Le ministre de l'Agriculture, Stéphane Le Foll, a indiqué, dimanche 20 octobre, que l'Etat allait aider à trouver des investisseurs pour relancer l'abattoir de Lampaul-Guimiliau. Un moyen de pallier les difficultés de Gad, qui ne peut plus assurer l'activité sur ce site.

Stéphane Le Foll prend un peu plus le dossier Gad à bras le corps. Dimanche 20 octobre, le ministre de l'Agriculture a indiqué, lors du Grand Jury RTL-LCI-Le Figaro, que des discussions étaient en cours pour tenter de sauver le site Lampaul-Guimiliau, via l'Etablissement public foncier de Bretagne.
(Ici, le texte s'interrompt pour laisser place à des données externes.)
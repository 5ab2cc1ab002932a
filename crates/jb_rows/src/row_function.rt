//! What is done to each record.

ghost use Rattle.std.specs.Prelude.{◌≡◌, [], IfOk};
ghost use Rattle.jb_rows.specs.Answers.{Answer, answered};
ghost use Rattle.jb_rows.specs.Fields.{Fields};

use crate::row::Row;
use crate::row_builder::RowBuilder;
use jb_base::ClassId;
use std::alloc::AllocError;

/// What a function answers for a record.
#[derive(Debug, Drop)]
pub enum Outcome {
    /// Its result, whose fields it put together.
    Given,
    /// It has no result.
    Filtered,
    /// It is refused, with a fault of this class.
    Refused(ClassId),
}

/// What is done to each record.
pub trait RowFunction: Send + Sync {
    ghost answer: { Self → Fields → Answer };

    /// The answer for a record. The fields of its result are put into `built`, which has none.
    fn process(&self, row: &Row, built: &mut RowBuilder) -> Result<Outcome, AllocError>
        requires { built.old ≡ [] }
        ensures { IfOk result (λ outcome. answered outcome built.new ≡ answer self.now row.now) };
}
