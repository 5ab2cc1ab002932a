//! Records of fields, one after the other.

ghost use Rattle.std.specs.Prelude.{◌≡◌, ◌<◌, ◌++◌, ◌∷◌, [], length, map, slice_index_or, MatchOption, OnErr, OnOk};
ghost use Rattle.jb_rows.specs.Even.{AreEven, IsUnevenAt};
ghost use Rattle.jb_rows.specs.Fields.{fields_in, packed};

use crate::row::Row;
use crate::row_builder::RowBuilder;
use jb_base::PackedList;
use std::alloc::{AllocError, Global};
use std::marker::Model;

/// Records of fields in one buffer, each packed. A contract sees the list of their fields.
#[derive(Drop)]
pub struct Rows {
    list: PackedList,
}

impl Model for Rows {
    ghost use Rattle.std.specs.Prelude.{ℕ, List, map};
    ghost use Rattle.jb_rows.specs.Fields.{ArePacked, fields_in};

    ghost Value = { List (List (List ℕ)) };

    ghost view = { λ rows. map fields_in rows.list };

    ghost invariant = { λ rows. ArePacked rows.list };
}

impl Rows {
    /// No record. Takes no memory.
    pub fn new(alloc: Global) -> Rows
        ensures { result ≡ [] }
    {
        Rows {
            list: PackedList::new(alloc),
        }
    }

    /// How many records there are.
    pub fn len(&self) -> usize
        ensures { result ≡ length self.now }
    {
        self.list.len()
    }

    /// The record of this index, the first being 0.
    pub fn row(&self, index: usize) -> Row<'_>
        requires { index < length self.now }
        ensures { result ≡ slice_index_or self.now index [] }
    {
        Row::of(self.list.at(index))
    }

    /// The index of the first record that has more fields or fewer than the first record, if there is one.
    pub fn first_uneven(&self) -> Option<usize>
        ensures { MatchOption result (AreEven self.now) (IsUnevenAt self.now) }
    {
        for index in 0..self.len() {
            if self.row(index).len() != self.row(0).len() {
                return Some(index);
            }
        }
        None
    }

    /// Takes the records away and keeps their memory for others.
    pub fn clear(&mut self)
        ensures { self.new ≡ [] }
    {
        self.list.truncate(0);
    }

    /// Puts a record after the others. Without memory they stay as they were.
    pub fn push(&mut self, row: &RowBuilder) -> Result<(), AllocError>
        ensures ok { OnOk result (self.new ≡ self.old ++ row.now ∷ []) }
        ensures err { OnErr result (self.new ≡ self.old) }
    {
        self.list.push(row.as_bytes())
    }

    /// The records, each packed in one string of bytes.
    pub fn as_list(&self) -> &PackedList
        ensures packed { result.now ≡ map packed self.now }
        ensures fields { map fields_in result.now ≡ self.now }
    {
        &self.list
    }

    /// The records, each packed in one string of bytes, given away.
    pub fn into_list(self) -> PackedList
        ensures packed { result ≡ map packed self }
        ensures fields { map fields_in result ≡ self }
    {
        let Rows { list } = self;
        list
    }
}
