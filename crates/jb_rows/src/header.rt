//! Whether a text begins with a header row, and whether it is written.

ghost use Rattle.std.specs.Prelude.{OnOk};
ghost use Rattle.std.specs.Io.KnownBytes.{Appends};
ghost use Rattle.jb_rows.specs.Streams.{IsBetweenRows, csv_rows, kept_header, rows_written};
ghost use Rattle.jb_rows.specs.Texts.{copied_by};

use crate::rows_error::RowsError;
use crate::rows_options::RowsOptions;
use crate::rows_reader::RowsReader;
use crate::rows_writer::RowsWriter;
use std::io::{Read, Write};

/// Whether the first record of a text is a header row, which names the fields and is no record to work on. A text without a record
/// has none.
#[derive(Clone, Copy, Debug)]
pub enum Header {
    /// The first record is as the others.
    None,
    /// It is a header row, which is read and left.
    Skipped,
    /// It is a header row, which is written before the results.
    Copied,
}

/// Writes the header row that the reader keeps, if it is copied.
pub fn copy_header<R: Read, W: Write + Drop>(
    options: &RowsOptions,
    reader: &RowsReader<R>,
    writer: &mut RowsWriter<W>,
) -> Result<(), RowsError>
    ensures { OnOk result (IsBetweenRows options.now.delimiter writer.old → IsBetweenRows options.now.delimiter writer.new
        × Appends (rows_written W.contents writer.old) (rows_written W.contents writer.new) (csv_rows options.now.delimiter (copied_by options.now.header (kept_header reader.now)))) }
{
    match options.header {
        Header::None | Header::Skipped => Ok(()),
        Header::Copied => writer.write_rows(reader.header()),
    }
}
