//! Records of CSV as packed fields, one function from the fields of a record to the fields of its result, and results written.
//!
//! - `packed`: the fields of a record in one string of bytes. `row`: they are read in place; `row_builder`: they are put together;
//!   `rows`: records, one after the other.
//! - `row_function`: what is done to each record. `numbers`: the numbers in fields.
//! - `rows_reader`, `rows_writer`: records from a stream and to one. `rows_options`: how; `input`: whether a record is one of CSV or a line;
//!   `header`: whether there is a header row, and whether it is written. `rows_error`: why records are not read or not written.
//! - `text_reader`: one record, and the line in which it begins. `machine`: what a byte of a record does; `tokens`: the bytes of a record
//!   are put together; `byte_source`: the bytes of a stream; `window`: those of them that were read and not yet used.
#![tactic(auto)]

mod byte_source;
mod header;
mod input;
mod machine;
pub mod numbers;
mod packed;
mod row;
mod row_builder;
mod row_function;
mod rows;
mod rows_error;
mod rows_options;
mod rows_reader;
mod rows_writer;
mod text_reader;
mod tokens;
mod window;

pub use header::{Header, copy_header};
pub use input::{Input, lines_are_records};
pub use row::Row;
pub use row_builder::RowBuilder;
pub use row_function::{Outcome, RowFunction};
pub use rows::Rows;
pub use rows_error::RowsError;
pub use rows_options::RowsOptions;
pub use rows_reader::RowsReader;
pub use rows_writer::RowsWriter;
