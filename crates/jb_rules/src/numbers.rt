//! A row as texts list it: its numbers, and the name of its state.

ghost use Rattle.std.specs.Prelude.{◌≡◌, false, IfSome};
ghost use Rattle.jb_rules.specs.Laws.{NumbersMakeRows};
ghost use Rattle.jb_rules.specs.Numbers.{numbers_of, row_of_numbers, state_name, state_named};
ghost use Rattle.jb_rules.specs.States.{is_running};

use crate::counts::Counts;
use crate::row::{Row, RowState};

impl Row {
    /// How many numbers a row has.
    pub const NUMBERS: usize = 15;

    /// The numbers of the row, in the order in which saved texts and reports list them (own choice).
    pub fn numbers(&self) -> [u64; Row::NUMBERS]
        ensures { result ≡ numbers_of self.now }
    {
        let counts = &self.counts;
        [
            self.lo,
            self.hi,
            self.at,
            self.redo,
            self.retries,
            self.written,
            counts.read,
            counts.write,
            counts.commit,
            counts.rollback,
            counts.read_skip,
            counts.process_skip,
            counts.filter,
            counts.write_skip,
            self.in_place,
        ]
    }

    /// The row of these numbers, in the same order, and of this state.
    pub fn of_numbers(numbers: &[u64; Row::NUMBERS], state: RowState) -> Row
        ensures row { result ≡ row_of_numbers numbers.now state }
        ensures numbers { numbers_of result ≡ numbers.now }
    {
        let [
            lo,
            hi,
            at,
            redo,
            retries,
            written,
            read,
            write,
            commit,
            rollback,
            read_skip,
            process_skip,
            filter,
            write_skip,
            in_place,
        ] = *numbers;
        Row {
            lo,
            hi,
            at,
            redo,
            retries,
            written,
            counts: Counts {
                read,
                write,
                commit,
                rollback,
                read_skip,
                process_skip,
                filter,
                write_skip,
            },
            in_place,
            state,
        }
    }
}

impl RowState {
    /// The name of the state, as saved texts and reports have it (own choice).
    pub fn name(self) -> &'static str
        ensures { result.now ≡ state_name self }
    {
        match self {
            RowState::Waiting => "waiting",
            RowState::Running(_) => "running",
            RowState::Finished => "done",
            RowState::Failed => "failed",
        }
    }

    /// The state of this name. `running` names none, since it doesn't say on which lane.
    pub fn of_name(name: &str) -> Option<RowState>
        ensures form { result ≡ state_named name.now }
        ensures still { IfSome result (λ state. is_running state ≡ false) }
    {
        match name {
            "waiting" => Some(RowState::Waiting),
            "done" => Some(RowState::Finished),
            "failed" => Some(RowState::Failed),
            _ => None,
        }
    }
}

/// The law of `Row::numbers` and `Row::of_numbers`: a row is rebuilt from its numbers, and a row made of numbers has these.
pub fn numbers_make_rows()
    ensures { NumbersMakeRows }
{}
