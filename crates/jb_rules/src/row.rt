//! The state of a partition, and the rules that each row keeps.

ghost use Rattle.std.specs.Prelude.{◌≡◌, ◌↔◌, IsTrue};
ghost use Rattle.jb_rules.specs.Rows.{fresh_row, range_of};
ghost use Rattle.jb_rules.specs.Laws.{RowsAreTested, UnfinishedRowsGoOn};
ghost use Rattle.jb_rules.specs.RowTest.{is_sound};
ghost use Rattle.jb_rules.specs.States.{is_waiting, is_running, is_finished, is_failed, has_ended};
ghost use Rattle.jb_rules.specs.Sound.{IsCounted, IsPlaced, IsSoundRow};

use crate::counts::Counts;
use jb_base::{MAX_IN_PLACE, MAX_RECORDS, MAX_ROLLBACKS, Range};

/// The state of a partition.
#[derive(Clone, Copy, Debug, PartialEq, Eq)]
pub enum RowState {
    /// Some chunk is left, and none is being done.
    Waiting,
    /// The lane of this number does the next chunk.
    Running(u32),
    /// No record is left.
    Finished,
    /// A fault was neither skipped nor retried.
    Failed,
}

impl RowState {
    /// Whether some chunk is left, and none is being done.
    pub fn is_waiting(&self) -> bool
        ensures { result ≡ is_waiting self.now }
    {
        matches!(*self, RowState::Waiting)
    }

    /// Whether a lane does the partition's next chunk.
    pub fn is_running(&self) -> bool
        ensures { result ≡ is_running self.now }
    {
        matches!(*self, RowState::Running(_))
    }

    /// Whether no record is left.
    pub fn is_finished(&self) -> bool
        ensures { result ≡ is_finished self.now }
    {
        matches!(*self, RowState::Finished)
    }

    /// Whether a fault was neither skipped nor retried.
    pub fn is_failed(&self) -> bool
        ensures { result ≡ is_failed self.now }
    {
        matches!(*self, RowState::Failed)
    }

    /// Whether no chunk of the partition starts any more: it is finished, or it has failed.
    pub fn has_ended(&self) -> bool
        ensures { result ≡ has_ended self.now }
    {
        matches!(*self, RowState::Finished | RowState::Failed)
    }
}

/// The checkpoint of a partition: its range, the next record, and its counts.
#[derive(Clone, Copy, Debug, PartialEq, Eq)]
pub struct Row {
    /// The first record of the range.
    pub lo: u64,
    /// The end of the range: the number after its last record.
    pub hi: u64,
    /// The next record: those before it are committed.
    pub at: u64,
    /// Up to here records are done in chunks of one, since an earlier chunk was rolled back.
    pub redo: u64,
    /// How many retries were made: chunks that were rolled back to be done again, and calls that were repeated in place.
    pub retries: u64,
    /// How many results the writer holds.
    pub written: u64,
    /// The metrics.
    pub counts: Counts,
    /// How many calls were repeated in place.
    pub in_place: u64,
    /// The state of the partition.
    pub state: RowState,
}

impl Row {
    /// The row of a partition that has not started. An empty range is finished from the start.
    pub fn fresh(range: Range) -> Row
        ensures { result ≡ fresh_row range }
    {
        Row {
            lo: range.lo,
            hi: range.hi,
            at: range.lo,
            redo: range.lo,
            retries: 0,
            written: 0,
            counts: Counts::ZERO,
            in_place: 0,
            state: if range.lo == range.hi {
                RowState::Finished
            } else {
                RowState::Waiting
            },
        }
    }

    /// The records of the row's partition.
    pub fn range(&self) -> Range
        ensures { result ≡ range_of self.now }
    {
        Range {
            lo: self.lo,
            hi: self.hi,
        }
    }

    fn is_placed(&self) -> bool
        ensures { IsTrue result ↔ IsPlaced self.now }
    {
        self.lo <= self.at
            && self.at <= self.hi
            && self.hi <= MAX_RECORDS
            && self.lo <= self.redo
            && self.redo <= self.hi
    }

    fn is_counted(&self) -> bool
        requires { IsPlaced self.now }
        ensures { IsTrue result ↔ IsCounted self.now }
    {
        let counts = &self.counts;
        let passed = self.at - self.lo;
        if counts.read > passed || counts.read_skip != passed - counts.read {
            return false;
        }
        if counts.write != self.written || counts.write > counts.read {
            return false;
        }
        if self.in_place > self.retries || self.retries - self.in_place > counts.rollback {
            return false;
        }
        let left = counts.read - counts.write;
        if counts.process_skip > left || counts.filter > left - counts.process_skip {
            return false;
        }
        let exact = counts.filter == left - counts.process_skip;
        (counts.write_skip != 0 || exact)
            && counts.write_skip <= counts.commit
            && counts.commit <= passed
            && (passed == 0 || counts.commit >= 1)
            && counts.rollback <= MAX_ROLLBACKS
            && self.in_place <= MAX_IN_PLACE
    }

    /// Whether the row keeps the row rules, which every row that a run leaves does.
    pub fn sound(&self) -> bool
        ensures rules { IsTrue result ↔ IsSoundRow self.now }
        ensures test { result ≡ is_sound self.now }
    {
        rows_are_tested();
        let finished = matches!(self.state, RowState::Finished);
        self.is_placed() && self.is_counted() && finished == (self.at == self.hi)
    }
}

/// The law of `Row::sound`: the row rules as a test agree with the row rules as a fact.
pub fn rows_are_tested()
    ensures { RowsAreTested }
{}

/// A row that keeps the row rules and isn't finished has a record left.
pub fn unfinished_rows_go_on()
    ensures { UnfinishedRowsGoOn }
{}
L'objet de "la négociation qui est engagée, c'est de voir comment on peut, au travers de cet établissement foncier régional, donner à la communauté de communes des possibilités de trouver des investisseurs pour réinvestir et réindustrialiser ce site", a-t-il déclaré.

Il a rappelé que Gad, propriétaire actuel du site, était dans une situation trop fragile pour le sauver. "C'est là que la région, c'est là que l'Etat doivent être là pour aider à trouver les moyens de réindustrialiser ce site. C'est ça qui est l'enjeu", a expliqué le ministre. "Ce site, abattoir fermé, reste aujourd'hui avec des activités qui sont maintenues", a rappelé Stéphane Le Foll.

"Pacte d'avenir"

Le président de la communauté de communes de Landivisiau (Finistère), Georges Tigreat, avait assuré, la semaine dernière, que le gouvernement avait décidé d'acquérir le site de l'abattoir Gad de Lampaul-Guimiliau à travers l'établissement public foncier de Bretagne.

Le tribunal de commerce de Rennes a validé, le 11 octobre, le plan de continuation de Gad, entérinant la suppression de 889 emplois, principalement à l'abattoir de Lampaul-Guimiliau, sur un total de 1.700.

Un nouveau coup dur pour la Bretagne, après notamment la mise en redressement judiciaire du volailler Doux, qui a conduit le gouvernement à présenter, mercredi 23 octobre, un "pacte d'avenir" pour la région, débloquant au passage 15 millions d'euros.